Hawaiian hoary bats were captured, radio-tagged and tracked to diurnal roosting locations on the east side of Hawai‘i Island from May 2018 to December 2019. A total of 38 bats were tracked to 52 roost stands and 18 of those bats were located in 24 roost trees. Bats were confirmed at 15 perches within the 24 roost trees. Bats used diurnal roosts in a variety of tree species and in an assortment of habitat stand types including native and non-native habitats. Statistically significant differences were found in both height and diameter at breast height (DBH) between roost trees and randomly sampled trees. Specifically, roost trees were generally larger in both height and DBH than random trees and female bats selected roost trees that were larger in height and with a greater percent canopy cover compared to roost trees selected by male bats.

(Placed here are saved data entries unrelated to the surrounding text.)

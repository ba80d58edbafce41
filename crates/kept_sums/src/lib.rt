//! The sums of a catalog's objectives, shared by those that count the same, kept while rows,
//! exclusions and definitions come.
//! Stands on `window_sums` for sums, `sample_book` for rows, `office_history` for what is measured.
//! Promises that the counts of each slice stay those of the rows that are current, and that
//! following them takes no memory.
#![tactic(auto)]

mod apply_plan;
mod batch;
mod by_hint;
mod counting;
mod exchange;
mod follow;
mod from_rows;
mod kept;
pub mod laws;
mod new_sums;
mod plan;
mod pool_again;
mod range;
mod same;

pub use counting::{NO_COUNTS, changes_counts, excludes_minute, row_at, row_counts};
pub use kept::{KeptSums, ObjectiveSums};
pub use plan::{ListPlan, SumsPlan, is_wanted};
pub use same::{has_same_key, is_same_measure};
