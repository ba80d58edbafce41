//! The box in which notices wait.
ghost use Rattle.std.specs.Prelude.{◌≡◌, ◌⊎◌, ℕ, ◌+◌, ◌-◌, ◌<◌, ◌≤◌, ◌++◌, ◌∷◌, [], true, IfOk};
ghost use Rattle.std.specs.Prelude.{OnErr, OnOk, length, slice_get, take};
ghost use Rattle.notice_box.specs.Box.{AreNumbered, IsNext, after_taking, count_waiting};
ghost use Rattle.notice_box.specs.Box.{notices_of, waiting_in, waits};

use crate::links::{Link, come_from, go_on, let_go, link_at, notice_at, waits_at};
use crate::notice::Notice;
use std::alloc::{AllocError, Global};
use std::marker::Model;

/// There is no notice of that number: it is 0 or above the count of notices made.
#[derive(Clone, Copy, Debug, PartialEq, Eq)]
pub struct UnknownNotice;

/// All notices that were made, each waiting until it is taken. The waiting ones are linked with one
/// another, so that it doesn't matter how many were taken.
#[derive(Drop)]
pub struct NoticeBox {
    // Each with whether it waits, in the order of their numbers.
    made: Vec<(Notice, bool)>,
    links: Vec<Link>,
    first: Option<u32>,
    last: Option<u32>,
    waiting: u32,
}

impl Model for NoticeBox {
    ghost use Rattle.std.specs.Prelude.{◌-◌, min, vec_capacity, vec_len};
    ghost use Rattle.notice_box.specs.Box.{Made};
    ghost use Rattle.notice_box.specs.Links.{NoticesAreKept};

    ghost Value = { Made };

    ghost view = { λ a. record {
      made = a.made.items;
      spare = min
          (vec_capacity a.made - vec_len a.made) (vec_capacity a.links - vec_len a.links);
    } };

    ghost invariant = { λ a. NoticesAreKept a.made.items a.links.items a.first a.last a.waiting };
}

impl NoticeBox {
    /// No notices yet. Takes no memory.
    pub fn new(alloc: Global) -> NoticeBox
        ensures { result.made ≡ [] }
    {
        NoticeBox {
            made: Vec::new(alloc),
            links: Vec::new(alloc),
            first: None,
            last: None,
            waiting: 0,
        }
    }

    /// Makes room for so many notices more. After an error the notices are as before.
    pub fn reserve(&mut self, places: u32) -> Result<(), AllocError>
        ensures made { self.new.made ≡ self.old.made }
        ensures spare { OnOk result (places ≤ self.new.spare) }
    {
        self.made.reserve(places as usize)?;
        self.links.reserve(places as usize)
    }

    /// How many notices were made.
    pub fn count(&self) -> u32
        ensures { result ≡ length self.now.made }
    {
        self.made.len() as u32
    }

    /// How many notices wait.
    pub fn waiting(&self) -> u32
        ensures { result ≡ count_waiting self.now.made }
    {
        self.waiting
    }

    /// No work: notices are numbered from 1, one after another.
    pub fn numbered(&self)
        ensures { AreNumbered 1 (notices_of self.now.made) }
    {
        let _waiting = self.waiting;
    }

    /// The notice at a place of the list, from 0, and whether it waits. None exactly where the
    /// place isn't below the list's length.
    pub fn notice_at(&self, place: u32) -> Option<(Notice, bool)>
        ensures { result ≡ slice_get self.now.made place }
    {
        self.made.get(place as usize).copied()
    }

    /// The first place at which a notice waits.
    pub fn first_place(&self) -> Option<u32>
        ensures { IsNext (waits self.now.made) 0 result }
    {
        self.first
    }

    /// The first place behind one at which a notice waits, without a look at those between.
    pub fn next_place(&self, place: u32) -> Option<u32>
        requires { waits self.now.made place ≡ true }
        ensures { IsNext (waits self.now.made) (place + 1) result }
    {
        link_at(&self.links, place).later
    }

    /// The first notices that wait, `most` of them or as many as there are.
    pub fn first_waiting(&self, alloc: Global, most: usize) -> Result<Vec<Notice>, AllocError>
        ensures { IfOk result (λ notices. notices.items ≡ take most (waiting_in self.now.made)) }
    {
        let mut notices = Vec::new(alloc);
        let mut next = self.first;
        for _count in 0..most {
            match next {
                Some(place) => {
                    notices.push(notice_at(&self.made, place))?;
                    next = link_at(&self.links, place).later;
                }
                None => return Ok(notices),
            }
        }
        Ok(notices)
    }

    /// Adds the notice of the next number, which waits. There is room for it.
    pub fn push(&mut self, value: Notice)
        requires room { 0 < self.old.spare }
        requires number { value.number ≡ length self.old.made + 1 }
        ensures made { self.new.made ≡ self.old.made ++ (value, true) ∷ [] }
        ensures spare { self.old.spare ≤ self.new.spare + 1 }
        ensures waiting { count_waiting self.new.made ≡ count_waiting self.old.made + 1 }
    {
        let place = value.number - 1;
        let link = Link {
            earlier: self.last,
            later: None,
        };
        self.first = go_on(&mut self.links, self.first, self.last, Some(place));
        self.last = Some(place);
        self.links.extend_from_slice(&[link]).unwrap();
        self.made.extend_from_slice(&[(value, true)]).unwrap();
        self.waiting += 1;
    }

    /// Takes the notice of a number: true where it waited, false where it was taken before.
    pub fn take(&mut self, number: u32) -> Result<bool, UnknownNotice>
        ensures unknown { OnErr result ((number ≡ 0) ⊎ (length self.old.made < number)) }
        ensures known { OnOk result ((0 < number) × (number ≤ length self.old.made)) }
        ensures unchanged { OnErr result (self.new ≡ self.old) }
        ensures waited { IfOk result (λ waited. waited ≡ waits self.old.made (number - 1)) }
        ensures made { OnOk result (self.new.made ≡ after_taking self.old.made number) }
        ensures spare { self.new.spare ≡ self.old.spare }
        ensures one { count_waiting self.old.made ≤ count_waiting self.new.made + 1 }
    {
        if number == 0 || number > self.count() {
            return Err(UnknownNotice);
        }
        let place = number - 1;
        if !waits_at(&self.made, place) {
            return Ok(false);
        }
        let link = link_at(&self.links, place);
        self.first = go_on(&mut self.links, self.first, link.earlier, link.later);
        self.last = come_from(&mut self.links, self.last, link.later, link.earlier);
        let_go(&mut self.made, place);
        self.waiting -= 1;
        Ok(true)
    }
}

Diurnal roost video-monitoring was conducted at two separate sites in Hilo, Hawai‘i during the 2017 and 2018 reproductive seasons. A total of 114 hours, 50 minutes and 21 seconds (114:50:21) of video imagery was observed and analyzed. Observations of solitary bats accounted for a total of 86:38:17 video-hours while maternity roost observations accounted for a total of 28:12:08 video-hours. An ethogram of behavior at diurnal roosts was created from observations and represents the first detailed description of the behavior of L. c. semotus at diurnal roosts.
Pages/Duration:65 pages
Rights:All UHH dissertations and theses are protected by copyright. They may be viewed from this source for any purpose, but reproduction or distribution in any format is prohibited without written permission from the copyright owner.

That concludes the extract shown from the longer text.